### Excerpted data:
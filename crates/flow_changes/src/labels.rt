//! Labels of two configurations side by side.
ghost use Rattle.std.specs.Prelude.{◌≡◌, cond, IfOk, Some, None, length, map};
ghost use Rattle.meter_theory.specs.Labels as theory;
ghost use Rattle.meter_theory.specs.Plan as plans;
ghost use Rattle.flow_changes.specs.Singles.{pair_of};

use cosem_data::cell::CellRef;
use cosem_data::clients::ClientSet;
use cosem_data::memory::Memory;
use flow_map::kind::Kind;
use flow_map::outline::Outline;
use meter_theory::flow::Label;
use std::alloc::Global;

/// What two configurations say of a cell.
#[derive(Clone, Copy)]
pub(crate) struct Pair {
    pub(crate) mine: Label,
    pub(crate) theirs: Label,
}

/// For each of these cells its label, and the one that it has in another plan with these labels.
pub(crate) fn pairs_of(
    alloc: Global,
    kind: Kind,
    cells: &[CellRef],
    mine: &[Label],
    other: &Outline<'_>,
    theirs: &[Label],
) -> Result<Vec<Pair>, Memory>
    requires mine { length mine.now ≡ length cells.now }
    requires theirs { length theirs.now ≡ length (plans.cells other.now) }
    ensures { (Q R : theory.Labelling) → mine.now ≡ map Q cells.now →
        theirs.now ≡ map R (plans.cells other.now) →
        IfOk result (λ pairs. pairs.items ≡ map (λ x. pair_of kind (Q x)
        (cond (plans.is_cell other.now x) (Some (R x)) None)) cells.now) }
{
    let mut pairs = Vec::with_capacity(alloc, cells.len())?;
    for (number, cell) in cells.iter().enumerate() {
        let there = label_there(other, theirs, cell);
        pairs.push(side_by_side(kind, mine[number], there))?;
    }
    Ok(pairs)
}

/// The label of a cell in a plan with these labels, if it is a cell of it.
fn label_there(plan: &Outline<'_>, labels: &[Label], cell: &CellRef) -> Option<Label>
    requires { length labels.now ≡ length (plans.cells plan.now) }
    ensures { (Q : theory.Labelling) → labels.now ≡ map Q (plans.cells plan.now) →
        result ≡ cond (plans.is_cell plan.now cell.now) (Some (Q cell.now)) None }
{
    match plan.cell_number(cell) {
        Some(number) => Some(labels[usize::from(number)]),
        None => None,
    }
}

/// A label beside that of another configuration.
fn side_by_side(kind: Kind, mine: Label, theirs: Option<Label>) -> Pair
    ensures { result ≡ pair_of kind mine theirs }
{
    match theirs {
        Some(theirs) => Pair { mine, theirs },
        None => alone(kind, mine),
    }
}

/// The label of a cell that another configuration lacks: nobody reaches it there, and what the policy allows is told of
/// neither.
fn alone(kind: Kind, mine: Label) -> Pair
    ensures { result ≡ pair_of kind mine None }
{
    let theirs = nobody();
    match kind {
        Kind::May => Pair { mine, theirs },
        Kind::Allowed | Kind::Right | Kind::Client | Kind::Cell | Kind::Edge => Pair {
            mine: theirs,
            theirs,
        },
    }
}

/// The label that lets nobody influence and learn.
fn nobody() -> Label
    ensures { result ≡ record { influence = theory.nobody; learn = theory.nobody } }
{
    Label {
        influence: ClientSet::new(),
        learn: ClientSet::new(),
    }
}
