//! Theorems about comparisons: each function's clauses are its statement, and its body is empty.
ghost use Rattle.std.specs.Prelude.{◌≡◌, ◌↔◌, false, true, is_some};
ghost use Rattle.cosem_data.specs.declared.cell.CellRef.{CellRef};
ghost use Rattle.meter_theory.specs.Lists.{AreDistinct, IsIn};
ghost use Rattle.meter_theory.specs.Plan.{Object, cells};
ghost use Rattle.meter_theory.specs.Rights.{has_right};
ghost use Rattle.meter_theory.specs.Sound.{IsSound};
ghost use Rattle.flow_changes.specs.Changes.{gained};
ghost use Rattle.flow_map.specs.Map.{Configuration};
ghost use Rattle.flow_changes.specs.Facts.{Fact, Numbered, facts, is_granted, members_for, numbered};
ghost use Rattle.flow_changes.specs.Promises.{HasReach, IsNamed, LiesWithin, NamedHolds, NamedLabelling, NamedReaches, NamedSees, NobodyGains, least, policy_of};
ghost use Rattle.meter_theory.specs.declared.flow.Access.{Access};
ghost use Rattle.flow_map.specs.declared.kind.Kind.{Kind};
ghost use Rattle.meter_theory.specs.declared.flow.Reach.{Reach};

/// A fact is gained exactly where the new configuration has it and the old one hasn't, and then once; what is lost is gained
/// the other way round.
pub fn changes_are_exact()
    ensures exact { (old new : Configuration) (kind : Kind) (f : Fact) → IsIn (gained old new kind) f
        ↔ (IsIn (facts new old kind) f × (IsIn (facts old new kind) f → ⊥)) }
    ensures once { (old new : Configuration) (kind : Kind) → IsSound new.plan →
        AreDistinct (gained old new kind) }
{}

/// Where nobody gains: whom the least labels let influence or learn a cell of the new configuration, those of the old one let
/// by its name; each client of the new one stands in the old with its service access point, and with a password where it had
/// one; each object in a client's view, and each attribute and method that a right of it lists, was in those of the old one; and
/// on each cell that both have the policy of the new one lies within that of the old.
pub fn nobody_has_more()
    ensures may { (old new : Configuration) → NobodyGains old new →
        (reach : Reach) (n : Numbered) (x : CellRef) → HasReach new (least new) reach n x →
        NamedReaches old (least old) reach n.1.name x }
    ensures saps { (old new : Configuration) → NobodyGains old new →
        (n : Numbered) → IsIn (numbered new.plan) n →
        (m : Numbered) × IsNamed old n.1.name m × (m.1.sap ≡ n.1.sap) }
    ensures passwords { (old new : Configuration) → NobodyGains old new →
        (n : Numbered) → IsIn (numbered new.plan) n → is_some n.1.password ≡ false →
        (m : Numbered) × IsNamed old n.1.name m × (is_some m.1.password ≡ false) }
    ensures views { (old new : Configuration) → IsSound old.plan → NobodyGains old new →
        (n : Numbered) → IsIn (numbered new.plan) n → (o : Object) → IsIn new.plan.objects o →
        has_right new.plan n.0 o.name (λ r. true) ≡ true → NamedSees old n.1.name o }
    ensures rights { (old new : Configuration) → IsSound old.plan → NobodyGains old new →
        (n : Numbered) → IsIn (numbered new.plan) n → (o : Object) → IsIn new.plan.objects o →
        (access : Access) (x : CellRef) → IsIn (members_for access o) x →
        is_granted new.plan n.0 access x ≡ true → NamedHolds old n.1.name access x }
    ensures policy { (old new : Configuration) → NobodyGains old new →
        (reach : Reach) (n : Numbered) (x : CellRef) → IsIn (cells old.plan) x →
        HasReach new (policy_of new) reach n x → NamedReaches old (policy_of old) reach n.1.name x }
{}

/// Where nobody gains, and the least labels of the old configuration lie within a labelling of cells by the names of clients,
/// so do those of the new one: a policy that was held is held.
pub fn labels_stay_within()
    ensures { (old new : Configuration) (allowed : NamedLabelling) → NobodyGains old new →
        LiesWithin old (least old) allowed → LiesWithin new (least new) allowed }
{}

### Task directions:
Reproduce the material above exactly, beginning at its first line and ending with the line that holds "use flow_map::kind::Kind;". Include nothing else.

### Answer space:
filename crates/flow_changes/src/labels.rt
//! Labels of two configurations side by side.
ghost use Rattle.std.specs.Prelude.{◌≡◌, cond, IfOk, Some, None, length, map};
ghost use Rattle.meter_theory.specs.Labels as theory;
ghost use Rattle.meter_theory.specs.Plan as plans;
ghost use Rattle.flow_changes.specs.Singles.{pair_of};

use cosem_data::cell::CellRef;
use cosem_data::clients::ClientSet;
use cosem_data::memory::Memory;
use flow_map::kind::Kind;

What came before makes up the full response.